Top of Data under study

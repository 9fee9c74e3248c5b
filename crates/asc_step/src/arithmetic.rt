//! Arithmetic on words, which are read as unsigned or as two's complement.
ghost use Rattle.std.specs.Prelude.{◌≡◌, ◌*◌, ◌/◌, ◌^◌, ◌*ℤ◌, pos, int_lt};
ghost use Rattle.asc_model.specs.Arithmetic.{signed, one_if, even_part, shift_left, shift_right, shift_right_signed, shift_amount, high_word, quotient, quotient_unsigned, remainder, remainder_unsigned, lesser, greater};

/// 1 where the test holds, else 0.
#[inline(always)]
pub(crate) fn one_if(test: bool) -> u32
    ensures { result ≡ one_if test }
{
    u32::from(test)
}

/// Whether a word is less than another, both signed.
#[inline(always)]
pub(crate) fn is_less(a: u32, b: u32) -> bool
    ensures { result ≡ int_lt (signed a) (signed b) }
{
    a.cast_signed() < b.cast_signed()
}

/// The lesser of two words, both signed.
#[inline(always)]
pub(crate) fn lesser(a: u32, b: u32) -> u32
    ensures { result ≡ lesser a b }
{
    if is_less(a, b) { a } else { b }
}

/// The greater of two words, both signed.
#[inline(always)]
pub(crate) fn greater(a: u32, b: u32) -> u32
    ensures { result ≡ greater a b }
{
    if is_less(a, b) { b } else { a }
}

/// A word with its bit 0 cleared.
#[inline(always)]
pub(crate) fn even_part(a: u32) -> u32
    ensures { result ≡ even_part a }
{
    a & !1
}

/// A word shifted left by the low 5 bits of `b`.
#[inline(always)]
pub(crate) fn shift_left(a: u32, b: u32) -> u32
    ensures { result ≡ shift_left a (shift_amount b) }
{
    a << (b & 31)
}

/// A word shifted right by the low 5 bits of `b`; zeros move in.
#[inline(always)]
pub(crate) fn shift_right(a: u32, b: u32) -> u32
    ensures { result ≡ shift_right a (shift_amount b) }
{
    a >> (b & 31)
}

/// A word shifted right by the low 5 bits of `b`; the sign moves in.
#[inline(always)]
pub(crate) fn shift_right_signed(a: u32, b: u32) -> u32
    ensures { result ≡ shift_right_signed a (shift_amount b) }
{
    (a.cast_signed() >> (b & 31)).cast_unsigned()
}

/// The high word of a number of 64 bits.
#[inline(always)]
fn high_word(number: i64) -> u32
    ensures { result ≡ high_word number }
{
    ((number >> 32) as i32).cast_unsigned()
}

/// The high word of the product of two words, both signed.
#[inline(always)]
pub(crate) fn high_product_signed(a: u32, b: u32) -> u32
    ensures { result ≡ high_word (signed a *ℤ signed b) }
{
    high_word(i64::from(a.cast_signed()) * i64::from(b.cast_signed()))
}

/// The high word of the product of a signed word and an unsigned one.
#[inline(always)]
pub(crate) fn high_product_mixed(a: u32, b: u32) -> u32
    ensures { result ≡ high_word (signed a *ℤ pos b) }
{
    high_word(i64::from(a.cast_signed()) * i64::from(b))
}

/// The high word of the product of two words, both unsigned.
#[inline(always)]
pub(crate) fn high_product_unsigned(a: u32, b: u32) -> u32
    ensures { result ≡ a * b / 2 ^ 32 }
{
    ((u64::from(a) * u64::from(b)) >> 32) as u32
}

/// The quotient of two words, both signed, rounded towards zero; -1 where `b` is 0.
#[inline(always)]
pub(crate) fn quotient(a: u32, b: u32) -> u32
    ensures { result ≡ quotient a b }
{
    if b == 0 {
        return u32::MAX;
    }
    let quotient = a.cast_signed().wrapping_div(b.cast_signed());
    quotient.cast_unsigned()
}

/// The remainder of two words, both signed, with the sign of `a`; `a` where `b` is 0.
#[inline(always)]
pub(crate) fn remainder(a: u32, b: u32) -> u32
    ensures { result ≡ remainder a b }
{
    if b == 0 {
        return a;
    }
    let remainder = a.cast_signed().wrapping_rem(b.cast_signed());
    remainder.cast_unsigned()
}

/// The quotient of two words, both unsigned, rounded down; the greatest word where `b` is 0.
#[inline(always)]
pub(crate) fn quotient_unsigned(a: u32, b: u32) -> u32
    ensures { result ≡ quotient_unsigned a b }
{
    a.checked_div(b).unwrap_or(u32::MAX)
}

/// The remainder of two words, both unsigned; `a` where `b` is 0.
#[inline(always)]
pub(crate) fn remainder_unsigned(a: u32, b: u32) -> u32
    ensures { result ≡ remainder_unsigned a b }
{
    a.checked_rem(b).unwrap_or(a)
}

Bottom of Data under study

### Prompt
Determine how many lines of this listing have the word "shifted" in them, and reply with that number alone.

### Exercise answer
3